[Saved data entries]

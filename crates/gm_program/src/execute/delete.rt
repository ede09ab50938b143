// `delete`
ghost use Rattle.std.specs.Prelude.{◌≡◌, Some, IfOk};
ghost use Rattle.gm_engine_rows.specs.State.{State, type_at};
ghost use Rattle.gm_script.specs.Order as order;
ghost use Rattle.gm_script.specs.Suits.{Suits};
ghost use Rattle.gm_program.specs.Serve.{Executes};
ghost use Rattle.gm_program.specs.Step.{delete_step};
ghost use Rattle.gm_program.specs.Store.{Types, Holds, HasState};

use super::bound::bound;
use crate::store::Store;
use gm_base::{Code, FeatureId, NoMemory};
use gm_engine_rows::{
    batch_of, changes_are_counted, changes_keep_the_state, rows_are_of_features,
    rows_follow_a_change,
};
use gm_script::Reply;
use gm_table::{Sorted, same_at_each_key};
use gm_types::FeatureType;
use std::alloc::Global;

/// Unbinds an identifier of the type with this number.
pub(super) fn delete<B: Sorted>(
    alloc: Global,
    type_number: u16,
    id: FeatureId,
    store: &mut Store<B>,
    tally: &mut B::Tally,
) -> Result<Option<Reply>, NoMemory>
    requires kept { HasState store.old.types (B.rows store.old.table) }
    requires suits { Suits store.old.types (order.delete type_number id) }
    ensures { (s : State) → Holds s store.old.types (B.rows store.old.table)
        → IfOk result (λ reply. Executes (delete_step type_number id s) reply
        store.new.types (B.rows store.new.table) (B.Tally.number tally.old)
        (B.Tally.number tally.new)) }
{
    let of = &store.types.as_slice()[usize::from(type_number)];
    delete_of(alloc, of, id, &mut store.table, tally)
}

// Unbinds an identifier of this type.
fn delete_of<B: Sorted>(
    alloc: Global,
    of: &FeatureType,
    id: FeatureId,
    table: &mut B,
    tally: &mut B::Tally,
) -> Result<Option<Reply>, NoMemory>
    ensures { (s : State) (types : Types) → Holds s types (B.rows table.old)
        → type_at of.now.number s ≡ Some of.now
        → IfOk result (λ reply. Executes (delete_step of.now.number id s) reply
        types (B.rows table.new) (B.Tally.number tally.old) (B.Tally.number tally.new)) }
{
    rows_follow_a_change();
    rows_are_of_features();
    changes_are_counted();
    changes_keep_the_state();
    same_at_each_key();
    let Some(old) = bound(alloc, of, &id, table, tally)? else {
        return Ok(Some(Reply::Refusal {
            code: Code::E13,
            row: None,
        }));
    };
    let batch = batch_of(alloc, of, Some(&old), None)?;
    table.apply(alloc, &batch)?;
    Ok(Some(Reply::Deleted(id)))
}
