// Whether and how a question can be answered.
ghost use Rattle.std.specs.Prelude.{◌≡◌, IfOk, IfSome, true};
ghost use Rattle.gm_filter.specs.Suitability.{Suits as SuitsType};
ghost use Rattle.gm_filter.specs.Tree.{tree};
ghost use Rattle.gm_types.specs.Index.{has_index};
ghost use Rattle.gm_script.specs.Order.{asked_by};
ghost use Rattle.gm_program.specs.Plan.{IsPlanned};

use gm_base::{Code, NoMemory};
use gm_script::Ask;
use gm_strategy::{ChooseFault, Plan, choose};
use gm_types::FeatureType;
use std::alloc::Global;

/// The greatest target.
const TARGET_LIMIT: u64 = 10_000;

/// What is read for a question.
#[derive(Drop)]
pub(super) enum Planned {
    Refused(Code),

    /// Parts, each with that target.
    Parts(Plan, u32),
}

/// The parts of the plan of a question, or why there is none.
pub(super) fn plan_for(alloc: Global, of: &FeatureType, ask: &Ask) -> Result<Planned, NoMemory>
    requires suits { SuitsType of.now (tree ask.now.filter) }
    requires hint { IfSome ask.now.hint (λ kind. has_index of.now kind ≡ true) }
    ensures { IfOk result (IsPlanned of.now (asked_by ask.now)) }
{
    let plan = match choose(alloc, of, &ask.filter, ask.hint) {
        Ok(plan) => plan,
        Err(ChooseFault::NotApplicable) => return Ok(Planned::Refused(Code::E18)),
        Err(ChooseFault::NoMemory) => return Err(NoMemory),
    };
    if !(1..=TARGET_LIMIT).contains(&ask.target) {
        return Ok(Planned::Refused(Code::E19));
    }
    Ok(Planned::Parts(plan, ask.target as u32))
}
...
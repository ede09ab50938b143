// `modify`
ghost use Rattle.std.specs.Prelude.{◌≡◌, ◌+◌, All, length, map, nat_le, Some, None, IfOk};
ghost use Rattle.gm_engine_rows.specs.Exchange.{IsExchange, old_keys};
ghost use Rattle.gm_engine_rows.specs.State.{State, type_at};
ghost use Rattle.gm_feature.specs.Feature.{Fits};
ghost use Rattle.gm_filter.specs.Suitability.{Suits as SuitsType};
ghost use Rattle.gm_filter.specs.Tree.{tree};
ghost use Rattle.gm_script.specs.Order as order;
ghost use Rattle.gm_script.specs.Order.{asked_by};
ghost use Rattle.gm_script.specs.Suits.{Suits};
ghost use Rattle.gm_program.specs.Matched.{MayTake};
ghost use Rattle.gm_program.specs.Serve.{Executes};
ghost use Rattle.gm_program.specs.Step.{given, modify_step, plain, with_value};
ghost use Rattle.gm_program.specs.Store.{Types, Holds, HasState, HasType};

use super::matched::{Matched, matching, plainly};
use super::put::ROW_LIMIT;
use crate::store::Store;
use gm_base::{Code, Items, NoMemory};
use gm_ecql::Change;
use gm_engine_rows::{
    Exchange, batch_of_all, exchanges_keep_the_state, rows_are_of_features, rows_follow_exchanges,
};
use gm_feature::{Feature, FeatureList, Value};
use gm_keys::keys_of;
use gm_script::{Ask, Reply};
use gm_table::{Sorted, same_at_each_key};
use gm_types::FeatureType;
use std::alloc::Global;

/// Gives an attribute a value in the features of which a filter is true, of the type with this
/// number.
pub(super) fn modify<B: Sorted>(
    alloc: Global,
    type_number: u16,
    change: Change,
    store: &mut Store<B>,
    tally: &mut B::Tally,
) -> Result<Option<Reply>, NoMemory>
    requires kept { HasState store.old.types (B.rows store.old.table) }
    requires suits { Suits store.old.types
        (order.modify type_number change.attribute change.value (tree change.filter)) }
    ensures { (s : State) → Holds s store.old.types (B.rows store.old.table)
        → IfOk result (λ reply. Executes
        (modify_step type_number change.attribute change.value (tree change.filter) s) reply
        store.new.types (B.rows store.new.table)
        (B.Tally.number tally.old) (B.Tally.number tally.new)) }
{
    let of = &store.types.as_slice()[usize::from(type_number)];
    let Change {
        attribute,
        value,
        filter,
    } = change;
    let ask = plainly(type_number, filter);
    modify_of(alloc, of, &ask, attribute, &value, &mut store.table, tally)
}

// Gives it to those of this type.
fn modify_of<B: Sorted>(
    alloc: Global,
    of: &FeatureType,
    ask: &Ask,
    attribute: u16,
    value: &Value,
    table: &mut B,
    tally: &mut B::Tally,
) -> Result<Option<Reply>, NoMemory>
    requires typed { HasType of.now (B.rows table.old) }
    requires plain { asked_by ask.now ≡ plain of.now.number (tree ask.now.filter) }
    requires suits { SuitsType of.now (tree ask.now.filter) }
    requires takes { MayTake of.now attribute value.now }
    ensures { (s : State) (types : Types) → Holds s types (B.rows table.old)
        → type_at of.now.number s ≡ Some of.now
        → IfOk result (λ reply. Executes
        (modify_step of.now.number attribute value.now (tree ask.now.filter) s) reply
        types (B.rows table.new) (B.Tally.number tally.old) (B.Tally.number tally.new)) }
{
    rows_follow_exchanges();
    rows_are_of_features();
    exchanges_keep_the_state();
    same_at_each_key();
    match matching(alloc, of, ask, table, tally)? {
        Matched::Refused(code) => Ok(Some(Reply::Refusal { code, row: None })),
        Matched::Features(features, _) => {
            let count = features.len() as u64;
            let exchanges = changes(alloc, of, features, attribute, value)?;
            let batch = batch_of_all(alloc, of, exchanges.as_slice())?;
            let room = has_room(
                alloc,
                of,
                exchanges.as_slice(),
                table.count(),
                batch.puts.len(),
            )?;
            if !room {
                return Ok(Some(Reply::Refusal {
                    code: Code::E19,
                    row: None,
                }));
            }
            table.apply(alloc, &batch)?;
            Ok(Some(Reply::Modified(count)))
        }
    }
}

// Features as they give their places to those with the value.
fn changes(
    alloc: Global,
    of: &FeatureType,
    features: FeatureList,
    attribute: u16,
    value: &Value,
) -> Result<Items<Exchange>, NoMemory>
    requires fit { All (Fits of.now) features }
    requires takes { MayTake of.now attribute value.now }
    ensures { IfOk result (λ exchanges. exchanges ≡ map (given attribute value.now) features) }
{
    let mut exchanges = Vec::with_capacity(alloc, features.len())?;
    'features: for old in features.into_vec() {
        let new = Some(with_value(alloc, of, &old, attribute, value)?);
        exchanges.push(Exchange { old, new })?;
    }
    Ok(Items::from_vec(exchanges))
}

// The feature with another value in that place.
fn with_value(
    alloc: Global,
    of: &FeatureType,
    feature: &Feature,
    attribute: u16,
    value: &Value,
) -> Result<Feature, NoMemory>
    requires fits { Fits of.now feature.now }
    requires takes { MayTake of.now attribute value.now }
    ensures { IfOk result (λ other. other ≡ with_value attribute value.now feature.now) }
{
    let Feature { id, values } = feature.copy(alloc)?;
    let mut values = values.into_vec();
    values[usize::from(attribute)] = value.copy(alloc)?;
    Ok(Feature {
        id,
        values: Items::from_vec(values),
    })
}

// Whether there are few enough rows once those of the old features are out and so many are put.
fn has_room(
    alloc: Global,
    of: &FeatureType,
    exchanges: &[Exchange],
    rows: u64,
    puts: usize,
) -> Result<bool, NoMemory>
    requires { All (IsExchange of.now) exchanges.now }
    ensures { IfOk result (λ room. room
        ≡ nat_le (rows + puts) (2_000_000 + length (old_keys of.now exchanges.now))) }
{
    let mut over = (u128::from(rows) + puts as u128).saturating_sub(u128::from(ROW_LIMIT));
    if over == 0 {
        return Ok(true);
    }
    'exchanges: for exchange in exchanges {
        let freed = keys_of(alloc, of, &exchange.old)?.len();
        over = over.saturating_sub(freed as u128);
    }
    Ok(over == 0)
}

> **EXERCISE**
Copy out the lines of the records above in which the string "values" appears.

> **ANSWER BOX**
    let Feature { id, values } = feature.copy(alloc)?;
    let mut values = values.into_vec();
    values[usize::from(attribute)] = value.copy(alloc)?;
        values: Items::from_vec(values),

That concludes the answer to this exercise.